** RECORDED DATA follows **

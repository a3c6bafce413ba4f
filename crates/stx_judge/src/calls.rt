// The call graph, or why there is none.
ghost use Rattle.std.specs.Prelude.{◌≡◌, IfOk};
ghost use Rattle.stx_base.specs.Weight.{InRange};
ghost use Rattle.stx_judge.specs.Stages.{call_refusal};

use crate::texts::Names;
use std::alloc::Global;
use stx_graph::{Graph, GraphFault};
use stx_refusals::ReadFault;
use stx_scenario::{NoMemory, Scenario};

/// The first method that leads to itself, or that is too deep, or that the whole is too large.
pub fn call_fault(alloc: Global, scenario: &Scenario) -> Result<Option<ReadFault>, NoMemory>
    requires { InRange scenario.now }
    ensures { IfOk result (λ fault. fault ≡ call_refusal scenario.now) }
{
    let names = Names { alloc, scenario };
    match Graph::of(alloc, scenario) {
        Ok(_) => Ok(None),
        Err(GraphFault::CallCycle(method)) => Ok(Some(ReadFault::CallCycle(names.method(method)?))),
        Err(GraphFault::TooDeep(method)) => Ok(Some(ReadFault::CallDepth(names.method(method)?))),
        Err(GraphFault::TooLarge) => Ok(Some(ReadFault::TooLarge)),
        Err(GraphFault::NoMemory(refused)) => Err(refused),
    }
}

** End of RECORDED DATA **

WHAT IS NEEDED
Repeat, exactly as they stand, the line that contains "pub fn call_fault(alloc: Global, scenario: &Scenario)" and all the lines after it in the data above.

SOLUTION BELOW
pub fn call_fault(alloc: Global, scenario: &Scenario) -> Result<Option<ReadFault>, NoMemory>
    requires { InRange scenario.now }
    ensures { IfOk result (λ fault. fault ≡ call_refusal scenario.now) }
{
    let names = Names { alloc, scenario };
    match Graph::of(alloc, scenario) {
        Ok(_) => Ok(None),
        Err(GraphFault::CallCycle(method)) => Ok(Some(ReadFault::CallCycle(names.method(method)?))),
        Err(GraphFault::TooDeep(method)) => Ok(Some(ReadFault::CallDepth(names.method(method)?))),
        Err(GraphFault::TooLarge) => Ok(Some(ReadFault::TooLarge)),
        Err(GraphFault::NoMemory(refused)) => Err(refused),
    }
}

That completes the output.